**Problem to work on**
Each record has to be repeated exactly as given.

(Beginning of Raw data)

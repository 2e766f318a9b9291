// The samples of a block: their values, the first over amp, and the output samples of load waves.
ghost use Rattle.std.specs.Prelude.{◌≡◌, ◌*◌, ◌-◌, ◌/◌, ◌<◌, ◌≤◌, length, take, map, filter, pos, slice_index_or, unsigned_abs, true, All};
ghost use Rattle.wdf_algebra.specs.Samples.{IsSampleValue, IsSampleWidth};
ghost use Rattle.wdf_law.specs.OutputRule.{output_of};
ghost use Rattle.wdf_loop.specs.Limiting.{is_limited};
ghost use Rattle.wdf_wav.specs.SampleCoding.{sample_coding};
ghost use Rattle.wdf_wav.specs.PcmStream.{samples_of, data_of};

use wdf_lane::{decode16, limit_block};
use wdf_wav::{sample_bytes, sample_of};

// How many output samples are made before they are written.
const ROOM: usize = 256;

// The width is a constant of the code, so that the loop has no choice in it.
fn decode_at<const BITS: u8>(bytes: &[u8], samples: &mut [i64])
    requires width { IsSampleWidth BITS }
    requires whole { length bytes.now ≡ length samples.old * (BITS / 8) }
    ensures { samples.new ≡ samples_of BITS bytes.now }
{
    let size = usize::from(BITS / 8);
    for k in 0..samples.len() {
        samples[k] = sample_of(&bytes[k * size..(k + 1) * size], u16::from(BITS));
    }
}

/// Gives the values of the samples in `bytes`, of `bits` bits each.
pub(crate) fn decode(bits: u8, bytes: &[u8], samples: &mut [i64])
    requires width { IsSampleWidth bits }
    requires whole { length bytes.now ≡ length samples.old * (bits / 8) }
    ensures { samples.new ≡ samples_of bits bytes.now }
{
    match bits {
        8 => decode_at::<8>(bytes, samples),
        16 => decode16(bytes, samples),
        24 => decode_at::<24>(bytes, samples),
        _ => decode_at::<32>(bytes, samples),
    }
}

// Whether a sample's magnitude is at most `amp`.
#[inline(always)]
fn is_small(amp: u32, sample: i64) -> bool
    ensures { result ≡ true → unsigned_abs sample ≤ amp }
{
    sample.unsigned_abs() <= u64::from(amp)
}

// Whether no sample's magnitude is over `amp`. The loop has no way out, so that several samples are
// compared at once.
fn are_small(amp: u32, samples: &[i64]) -> bool
    ensures { result ≡ true → All (λ z. unsigned_abs z ≤ amp) samples.now }
{
    let mut all = true;
    for at in 0..samples.len() {
        all &= is_small(amp, samples[at]);
    }
    all
}

// How many samples stand in front of the first whose magnitude is over `amp`: all where none is.
fn first_over(amp: u32, samples: &[i64]) -> usize
    ensures most { result ≤ length samples.now }
    ensures small { All (λ z. unsigned_abs z ≤ amp) (take result samples.now) }
    ensures over { result < length samples.now → amp < unsigned_abs (slice_index_or samples.now result (pos 0)) }
{
    for at in 0..samples.len() {
        if samples[at].unsigned_abs() > u64::from(amp) {
            return at;
        }
    }
    samples.len()
}

/// How many samples stand in front of the first whose magnitude is over `amp`: all where none is.
pub(crate) fn count_small(amp: u32, samples: &[i64]) -> usize
    ensures most { result ≤ length samples.now }
    ensures small { All (λ z. unsigned_abs z ≤ amp) (take result samples.now) }
    ensures over { result < length samples.now → amp < unsigned_abs (slice_index_or samples.now result (pos 0)) }
{
    if are_small(amp, samples) {
        return samples.len();
    }
    first_over(amp, samples)
}

// Writes one sample.
#[inline(always)]
fn write_one(bits: u8, sample: i64, bytes: &mut [u8])
    requires width { IsSampleWidth bits }
    requires range { IsSampleValue bits sample }
    requires room { length bytes.old ≡ bits / 8 }
    ensures { bytes.new ≡ sample_coding bits sample }
{
    let coded = sample_bytes(sample, u16::from(bits));
    bytes.copy_from_slice(&coded[..usize::from(bits / 8)]);
}

// The width is a constant of the code, so that the loop has no choice in it.
fn write_at<const BITS: u8>(samples: &[i64], bytes: &mut [u8])
    requires width { IsSampleWidth BITS }
    requires range { All (IsSampleValue BITS) samples.now }
    requires room { length bytes.old ≡ length samples.now * (BITS / 8) }
    ensures { bytes.new ≡ data_of BITS samples.now }
{
    let size = usize::from(BITS / 8);
    for k in 0..samples.len() {
        write_one(BITS, samples[k], &mut bytes[k * size..(k + 1) * size]);
    }
}

// Writes samples one after another.
fn write_samples(bits: u8, samples: &[i64], bytes: &mut [u8])
    requires width { IsSampleWidth bits }
    requires range { All (IsSampleValue bits) samples.now }
    requires room { length bytes.old ≡ length samples.now * (bits / 8) }
    ensures { bytes.new ≡ data_of bits samples.now }
{
    match bits {
        8 => write_at::<8>(samples, bytes),
        16 => write_at::<16>(samples, bytes),
        24 => write_at::<24>(samples, bytes),
        _ => write_at::<32>(samples, bytes),
    }
}

// Writes the output samples of the waves from number `from` to `to`, where those before are written,
// and says how many up to there were limited, where `before` of those before were. `samples` is room
// for them.
fn encode_part(
    down: u8,
    bits: u8,
    waves: &[i64],
    from: usize,
    to: usize,
    before: u64,
    samples: &mut [i64],
    bytes: &mut [u8],
) -> u64
    requires few { down ≤ 33 }
    requires width { IsSampleWidth bits }
    requires room { length bytes.old ≡ length waves.now * (bits / 8) }
    requires part { from ≤ to }
    requires inside { to ≤ length waves.now }
    requires samples { length samples.old ≡ to - from }
    requires bytes { take (from * (bits / 8)) bytes.old ≡ data_of bits (map (output_of down bits) (take from waves.now)) }
    requires limited { before ≡ length (filter (is_limited down bits) (take from waves.now)) }
    requires most { before ≤ from }
    ensures room { length bytes.new ≡ length bytes.old }
    ensures samples { length samples.new ≡ length samples.old }
    ensures bytes { take (to * (bits / 8)) bytes.new ≡ data_of bits (map (output_of down bits) (take to waves.now)) }
    ensures limited { result ≡ length (filter (is_limited down bits) (take to waves.now)) }
    ensures most { result ≤ to }
{
    let size = usize::from(bits / 8);
    let limited = limit_block(&waves[from..to], down, bits, samples);
    write_samples(bits, samples, &mut bytes[from * size..to * size]);
    before + limited
}

/// Writes the output samples that load waves come to, and says how many were limited.
pub(crate) fn encode(down: u8, bits: u8, waves: &[i64], bytes: &mut [u8]) -> u64
    requires few { down ≤ 33 }
    requires width { IsSampleWidth bits }
    requires room { length bytes.old ≡ length waves.now * (bits / 8) }
    ensures bytes { bytes.new ≡ data_of bits (map (output_of down bits) waves.now) }
    ensures limited { result ≡ length (filter (is_limited down bits) waves.now) }
    ensures most { result ≤ length waves.now }
{
    let mut samples = [0; ROOM];
    let mut limited = 0;
    for k in 0..waves.len() / ROOM {
        let from = k * ROOM;
        let to = from + ROOM;
        limited = encode_part(down, bits, waves, from, to, limited, &mut samples, bytes);
    }
    let from = waves.len() / ROOM * ROOM;
    let to = waves.len();
    encode_part(
        down,
        bits,
        waves,
        from,
        to,
        limited,
        &mut samples[..to - from],
        bytes,
    )
}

(End of Raw data)

**Result of this exercise**
repository 2e766f318a9b9291
// The samples of a block: their values, the first over amp, and the output samples of load waves.
ghost use Rattle.std.specs.Prelude.{◌≡◌, ◌*◌, ◌-◌, ◌/◌, ◌<◌, ◌≤◌, length, take, map, filter, pos, slice_index_or, unsigned_abs, true, All};
ghost use Rattle.wdf_algebra.specs.Samples.{IsSampleValue, IsSampleWidth};
ghost use Rattle.wdf_law.specs.OutputRule.{output_of};
ghost use Rattle.wdf_loop.specs.Limiting.{is_limited};
ghost use Rattle.wdf_wav.specs.SampleCoding.{sample_coding};
ghost use Rattle.wdf_wav.specs.PcmStream.{samples_of, data_of};

use wdf_lane::{decode16, limit_block};
use wdf_wav::{sample_bytes, sample_of};

// How many output samples are made before they are written.
const ROOM: usize = 256;

// The width is a constant of the code, so that the loop has no choice in it.
fn decode_at<const BITS: u8>(bytes: &[u8], samples: &mut [i64])
    requires width { IsSampleWidth BITS }
    requires whole { length bytes.now ≡ length samples.old * (BITS / 8) }
    ensures { samples.new ≡ samples_of BITS bytes.now }
{
    let size = usize::from(BITS / 8);
    for k in 0..samples.len() {
        samples[k] = sample_of(&bytes[k * size..(k + 1) * size], u16::from(BITS));
    }
}

/// Gives the values of the samples in `bytes`, of `bits` bits each.
pub(crate) fn decode(bits: u8, bytes: &[u8], samples: &mut [i64])
    requires width { IsSampleWidth bits }
    requires whole { length bytes.now ≡ length samples.old * (bits / 8) }
    ensures { samples.new ≡ samples_of bits bytes.now }
{
    match bits {
        8 => decode_at::<8>(bytes, samples),
        16 => decode16(bytes, samples),
        24 => decode_at::<24>(bytes, samples),
        _ => decode_at::<32>(bytes, samples),
    }
}

// Whether a sample's magnitude is at most `amp`.
#[inline(always)]
fn is_small(amp: u32, sample: i64) -> bool
    ensures { result ≡ true → unsigned_abs sample ≤ amp }
{
    sample.unsigned_abs() <= u64::from(amp)
}

// Whether no sample's magnitude is over `amp`. The loop has no way out, so that several samples are
// compared at once.
fn are_small(amp: u32, samples: &[i64]) -> bool
    ensures { result ≡ true → All (λ z. unsigned_abs z ≤ amp) samples.now }
{
    let mut all = true;
    for at in 0..samples.len() {
        all &= is_small(amp, samples[at]);
    }
    all
}

// How many samples stand in front of the first whose magnitude is over `amp`: all where none is.
fn first_over(amp: u32, samples: &[i64]) -> usize
    ensures most { result ≤ length samples.now }
    ensures small { All (λ z. unsigned_abs z ≤ amp) (take result samples.now) }
    ensures over { result < length samples.now → amp < unsigned_abs (slice_index_or samples.now result (pos 0)) }
{
    for at in 0..samples.len() {
        if samples[at].unsigned_abs() > u64::from(amp) {
            return at;
        }
    }
    samples.len()
}

/// How many samples stand in front of the first whose magnitude is over `amp`: all where none is.
pub(crate) fn count_small(amp: u32, samples: &[i64]) -> usize
    ensures most { result ≤ length samples.now }
    ensures small { All (λ z. unsigned_abs z ≤ amp) (take result samples.now) }
    ensures over { result < length samples.now → amp < unsigned_abs (slice_index_or samples.now result (pos 0)) }
{
    if are_small(amp, samples) {
        return samples.len();
    }
    first_over(amp, samples)
}

// Writes one sample.
#[inline(always)]
fn write_one(bits: u8, sample: i64, bytes: &mut [u8])
    requires width { IsSampleWidth bits }
    requires range { IsSampleValue bits sample }
    requires room { length bytes.old ≡ bits / 8 }
    ensures { bytes.new ≡ sample_coding bits sample }
{
    let coded = sample_bytes(sample, u16::from(bits));
    bytes.copy_from_slice(&coded[..usize::from(bits / 8)]);
}

// The width is a constant of the code, so that the loop has no choice in it.
fn write_at<const BITS: u8>(samples: &[i64], bytes: &mut [u8])
    requires width { IsSampleWidth BITS }
    requires range { All (IsSampleValue BITS) samples.now }
    requires room { length bytes.old ≡ length samples.now * (BITS / 8) }
    ensures { bytes.new ≡ data_of BITS samples.now }
{
    let size = usize::from(BITS / 8);
    for k in 0..samples.len() {
        write_one(BITS, samples[k], &mut bytes[k * size..(k + 1) * size]);
    }
}

// Writes samples one after another.
fn write_samples(bits: u8, samples: &[i64], bytes: &mut [u8])
    requires width { IsSampleWidth bits }
    requires range { All (IsSampleValue bits) samples.now }
    requires room { length bytes.old ≡ length samples.now * (bits / 8) }
    ensures { bytes.new ≡ data_of bits samples.now }
{
    match bits {
        8 => write_at::<8>(samples, bytes),
        16 => write_at::<16>(samples, bytes),
        24 => write_at::<24>(samples, bytes),
        _ => write_at::<32>(samples, bytes),
    }
}

// Writes the output samples of the waves from number `from` to `to`, where those before are written,
// and says how many up to there were limited, where `before` of those before were. `samples` is room
// for them.
fn encode_part(
    down: u8,
    bits: u8,
    waves: &[i64],
    from: usize,
    to: usize,
    before: u64,
    samples: &mut [i64],
    bytes: &mut [u8],
) -> u64
    requires few { down ≤ 33 }
    requires width { IsSampleWidth bits }
    requires room { length bytes.old ≡ length waves.now * (bits / 8) }
    requires part { from ≤ to }
    requires inside { to ≤ length waves.now }
    requires samples { length samples.old ≡ to - from }
    requires bytes { take (from * (bits / 8)) bytes.old ≡ data_of bits (map (output_of down bits) (take from waves.now)) }
    requires limited { before ≡ length (filter (is_limited down bits) (take from waves.now)) }
    requires most { before ≤ from }
    ensures room { length bytes.new ≡ length bytes.old }
    ensures samples { length samples.new ≡ length samples.old }
    ensures bytes { take (to * (bits / 8)) bytes.new ≡ data_of bits (map (output_of down bits) (take to waves.now)) }
    ensures limited { result ≡ length (filter (is_limited down bits) (take to waves.now)) }
    ensures most { result ≤ to }
{
    let size = usize::from(bits / 8);
    let limited = limit_block(&waves[from..to], down, bits, samples);
    write_samples(bits, samples, &mut bytes[from * size..to * size]);
    before + limited
}

/// Writes the output samples that load waves come to, and says how many were limited.
pub(crate) fn encode(down: u8, bits: u8, waves: &[i64], bytes: &mut [u8]) -> u64
    requires few { down ≤ 33 }
    requires width { IsSampleWidth bits }
    requires room { length bytes.old ≡ length waves.now * (bits / 8) }
    ensures bytes { bytes.new ≡ data_of bits (map (output_of down bits) waves.now) }
    ensures limited { result ≡ length (filter (is_limited down bits) waves.now) }
    ensures most { result ≤ length waves.now }
{
    let mut samples = [0; ROOM];
    let mut limited = 0;
    for k in 0..waves.len() / ROOM {
        let from = k * ROOM;
        let to = from + ROOM;
        limited = encode_part(down, bits, waves, from, to, limited, &mut samples, bytes);
    }
    let from = waves.len() / ROOM * ROOM;
    let to = waves.len();
    encode_part(
        down,
        bits,
        waves,
        from,
        to,
        limited,
        &mut samples[..to - from],
        bytes,
    )
}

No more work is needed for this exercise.